In this talk I will review the importance of high resolution spectroscopy and will briefly highlight recent astronomical results, including high-sensitivity observation of water in collapsing cloud cores and the solar system and velocity-resolved large-area studies of Giant Molecular Clouds and nearby galaxies in the 158 micron fine structure transition ([CII]) of C+. I will then turn to the technological developments that have made this dramatic progress possible, including detectors, local oscillators, and spectrometers. I will conclude by talking about some possibilities for the future.
Dr. Tonino Pisanu
INAF – Osservatorio Astronomico di Cagliari
The Front-Ends of the Sardinia Radio Telescope
The Sardinia Radio Telescope (SRT), a challenging scientific project of the Italian National Institute for Astrophysics (INAF), is a new general purpose fully steerable 64 m diameter radio telescope designed to operate with high efficiency across the 0.3-116 GHz frequency range. The SRT is located 35 km North of Cagliari, Sardinia, Italy, at about 600 m above the sea level. The telescope, equipped with an active surface, three first-light receivers and various backends, succesfully completed a six-month early science program in 2016. Following the refurbishment of its active surface in 2017, the telescope is currently being recommissioned for its technical and scientific capabilities with the goal of opening it to the international community by the end of 2018.
I will describe the SRT first-light instrumentation, in particular the three radioastronomy receivers, that were all developed by INAF: a double frequency L-P band (305-410 MHz, 1.3-1.8 GHz) coaxial receiver for the primary focus, a K-band (18-26.5 GHz) 7-beam multibeam receiver for the Gregorian focus and a single feed high C-band (5.7-7.7 GHz) receiver for the Beam Waveguide focus.

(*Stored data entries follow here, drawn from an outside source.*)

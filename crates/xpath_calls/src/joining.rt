//! Arguments joined: XPath 1.0, section 4.2.

ghost use Rattle.std.specs.Prelude.{◌≡◌, ◌++◌, IfErr, IfOk, List, OnOk};
ghost use Rattle.std.specs.List.{flat_map};
ghost use Rattle.xpath_values.specs.declared.ValueFault.TheVariants.{NoMemory as OutOfMemory};
ghost use Rattle.xpath_values.specs.Values.{Meant, string_of};
ghost use Rattle.xpath_meaning.specs.Context.{Context};
ghost use Rattle.xpath_meaning.specs.Functions.{argument};
ghost use Rattle.xpath_meaning.specs.Scope.{AreHeld, AreValuesOf, IsScope};

use vtd_words::Words;
use xml_model::Text;
use xml_model::texts::as_str;
use xpath_meaning::{Scope, Values, text_at};
use xpath_values::ValueFault;

/// Appends a text to another.
fn push_text(joined: &mut Text, more: &Text) -> Result<(), ValueFault>
    ensures joined { OnOk result (joined.new ≡ joined.old ++ more.now) }
    ensures full { IfErr result (λ e. e ≡ OutOfMemory) }
{
    let _before = joined.held.as_str();
    joined.held.push_str(as_str(more))?;
    Ok(())
}

/// Appends the argument with an index, as a string.
fn push_argument<W: Words>(
    scope: &Scope<'_, '_, W>,
    arguments: &Values,
    i: usize,
    joined: &mut Text,
) -> Result<(), ValueFault>
    requires { AreValuesOf scope.now arguments.now }
    ensures joined { OnOk result ((c : Context) → IsScope scope.now c → (vs : List Meant) →
        AreHeld c.document arguments.now vs → joined.new ≡ joined.old ++ string_of (argument i vs)) }
    ensures full { IfErr result (λ e. e ≡ OutOfMemory) }
{
    match text_at(scope, arguments, i) {
        Err(fault) => Err(fault),
        Ok(text) => push_text(joined, &text),
    }
}

/// The arguments as strings, joined. It takes one pass over their characters.
pub fn joined<W: Words>(scope: &Scope<'_, '_, W>, arguments: &Values) -> Result<Text, ValueFault>
    requires { AreValuesOf scope.now arguments.now }
    ensures text { IfOk result (λ t. (c : Context) → IsScope scope.now c → (vs : List Meant) →
        AreHeld c.document arguments.now vs → t ≡ flat_map string_of vs) }
    ensures full { IfErr result (λ e. e ≡ OutOfMemory) }
{
    let mut joined = Text {
        held: String::new(scope.alloc),
    };
    for i in 0..arguments.held.len() {
        push_argument(scope, arguments, i, &mut joined)?;
    }
    Ok(joined)
}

Furthermore, I will describe the receivers planned to be built and installed on SRT during the next few years.
Dr. Federica Govoni
INAF – Osservatorio Astronomico di Cagliari
Scientific involvement of the Italian radio astronomical community in national and international facilities
Abstract
A visit to the Sardinia Radio Telescope (SRT, http://www.srt.inaf.it/) is scheduled on the September 4th, 2108. The SRT site, approximately 35 km North of Cagliari, will be reached by bus (travel time will be approximately one hour).
Important: For safety reasons, participants wishing to tour the telescope are required to wear suitable shoes with anti-sleep outsole, possibly with safety grooves to improve grip (do not wear open- toed shoes, sandals, or leather-soled shoes). Please, be aware that a vertical ladder will have to be climbed to access the upper parts of the telescope.
Because of exposure to the Sun and the Summer season we recommend the use of sunscreen.